Never give specific investment advice or make financial recommendations.`,
traits: ['professional', 'cautious', 'educational'],
guardrails: [
'no_financial_advice', // Built-in financial guardrail
'no_personal_info', // Prevent personal data collection
'stay_professional', // Maintain professional tone
'cite_sources' // Require source citations
],
model: 'gpt-4',
temperature: 0.3, // Lower temperature for consistency
maxTokens: 500, // Limit response length
customGuardrails: {
outputFilter: {
enabled: true,
monitoringModel: 'gpt-3.5-turbo', // Cheap model for output review
blockedPatterns: [
'invest in',
'guaranteed returns',
'buy this stock'
]
},
inputSanitization: {
enabled: true,
removePersonalData: true,
maxInputLength: 1000
}
}
});Model Selection & Parameters
Choose optimal model settings based on your use case requirements.
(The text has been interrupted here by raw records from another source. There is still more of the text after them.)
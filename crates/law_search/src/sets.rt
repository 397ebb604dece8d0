//! Calls of sets through `ContainsToken` and `ScriptSet`, and a call of each law of unions.

ghost use Rattle.winnow_script_run.specs.Script.{AreReady};

use std::alloc::{AllocError, Global};
use winnow_script_run::{Step, run};
use winnow_sets::{CharSet, ContainsToken, union_law, union_of_four_law, union_of_three_law};
use winnow_stream::{ScriptSet, Stream};

/// Returns whether a set holds the token, called through its bound.
pub fn holds<T, S: ContainsToken<T> + Drop>(set: S, token: T) -> bool
    requires { S.askable set }
    ensures { S.may_answer set token result }
{
    set.contains_token(token)
}

/// Returns whether a set of a script holds the token, called through its bound.
pub fn script_holds<T, S: ScriptSet<T> + Drop>(set: S, token: T) -> bool
    requires { S.askable set }
    ensures { S.may_answer set token result }
{
    set.holds(token)
}

/// Returns the answers of a script that names sets, as their debug text: a proved `impl` does not
/// show that it can be called so.
pub fn told<S: Stream, C: ScriptSet<S::Token>>(
    alloc: Global,
    s: &mut S,
    script: &[Step<C>],
) -> Result<String, AllocError>
where
    S::Token: Drop,
    S::Slice: Drop,
    requires valid { S.valid s.old }
    requires ready { AreReady C.askable script.now }
    ensures valid { S.valid s.new }
    ensures kept { S.keeps s.old s.new }
{
    let answers = run(alloc, s, script)?;
    format!(in alloc; "{answers:?}")
}

/// Calls each law of unions.
pub fn union_laws_can_be_called() {
    union_law::<char, CharSet, (char, u8)>();
    union_of_three_law::<char, char, u8, CharSet>();
    union_of_four_law::<char, char, u8, CharSet, char>();
}
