//! What contracts say of sets of tokens, of searches, of ranges of counts, of sizes and of values
//! that are read from slices: calls through bounds, as generic code makes them, members spelled
//! out, and a call of each law. Nothing here is part of the library.
#![tactic(auto)]

mod feed_laws;
mod ranges;
mod readings;
mod searches;
mod sets;
mod sizes;

pub use feed_laws::feed_laws_can_be_called;
pub use ranges::{range_of, text_members};
pub use readings::{byte_of, parsed};
pub use searches::search_laws_can_be_called;
pub use sets::{holds, script_holds, told, union_laws_can_be_called};
pub use sizes::size;
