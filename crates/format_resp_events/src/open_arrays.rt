//! `OpenArrays`: the replies that open arrays lack.

ghost use Rattle.std.specs.Prelude.{◌≡◌, ◌∷◌, ◌<◌, [], length, vec_len, vec_capacity, OnOk};
ghost use Rattle.format_resp_events.specs.OpenArrays.{lacks_of, is_due, after_reply, after_array};

use std::alloc::{AllocError, Global};

/// How many replies each open array lacks: those of it that are not whole.
#[derive(Drop)]
pub(crate) struct OpenArrays {
    /// These numbers, of which the last is that of the innermost array
    pub(crate) lacks: Vec<usize>,
}

impl OpenArrays {
    /// Returns the state in which no array is open.
    pub(crate) fn new(alloc: Global) -> OpenArrays
        ensures { lacks_of result ≡ [] }
    {
        OpenArrays {
            lacks: Vec::new(alloc),
        }
    }

    /// Returns how many arrays are open.
    pub(crate) fn len(&self) -> usize
        ensures { result ≡ length (lacks_of self.now) }
    {
        self.lacks.len()
    }

    /// Returns whether a reply is due: no array is open, or the innermost one lacks replies.
    pub(crate) fn is_due(&self) -> bool
        ensures { result ≡ is_due (lacks_of self.now) }
    {
        let count = self.lacks.len();
        if count == 0 {
            return true;
        }
        self.lacks[count - 1] > 0
    }

    /// Makes room for one more array.
    pub(crate) fn make_room(&mut self) -> Result<(), AllocError>
        ensures same { lacks_of self.new ≡ lacks_of self.old }
        ensures room { OnOk result (vec_len self.new.lacks < vec_capacity self.new.lacks) }
    {
        self.lacks.reserve(1)
    }

    /// Opens an array that lacks that many replies. Room is made before.
    pub(crate) fn begin(&mut self, count: usize)
        requires { vec_len self.old.lacks < vec_capacity self.old.lacks }
        ensures { lacks_of self.new ≡ count ∷ lacks_of self.old }
    {
        let Ok(()) = self.lacks.push(count) else {
            unreachable!()
        };
    }

    /// Counts a reply that is whole, in the innermost array, if one is open.
    pub(crate) fn end_reply(&mut self)
        ensures { lacks_of self.new ≡ after_reply (lacks_of self.old) }
    {
        let count = self.lacks.len();
        if count > 0 {
            self.lacks[count - 1] = self.lacks[count - 1].saturating_sub(1);
        }
    }

    /// Closes the innermost array, which is a whole reply then.
    pub(crate) fn end_array(&mut self)
        ensures { lacks_of self.new ≡ after_array (lacks_of self.old) }
    {
        let _ = self.lacks.pop();
        self.end_reply();
    }
}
Model Configuration Examples
// Creative writing agent - high creativity
const creativeAgent = await client.createPersona({
name: 'Creative Writing Assistant',
model: 'gpt-4',
temperature: 0.8, // High creativity
topP: 0.9, // Diverse word selection
maxTokens: 1000, // Longer responses
frequencyPenalty: 0.3 // Reduce repetition
});
// Customer support agent - consistent and reliable
const supportAgent = await client.createPersona({
name: 'Support Agent',
model: 'gpt-4',
temperature: 0.2, // Low creativity, consistent responses
topP: 0.5, // More focused word selection
maxTokens: 300, // Concise responses
presencePenalty: 0.1 // Slight topic diversity
});
// Code review agent - precise and analytical
const codeReviewAgent = await client.createPersona({
name: 'Code Review Assistant',
model: 'gpt-4',
temperature: 0.1, // Very low creativity
maxTokens: 500,
systemPrompt: 'Focus on code quality, security, and best practices.'
});Advanced Knowledge Management
Hybrid RAG Implementation
Leverage sentence window retrieval for better context preservation.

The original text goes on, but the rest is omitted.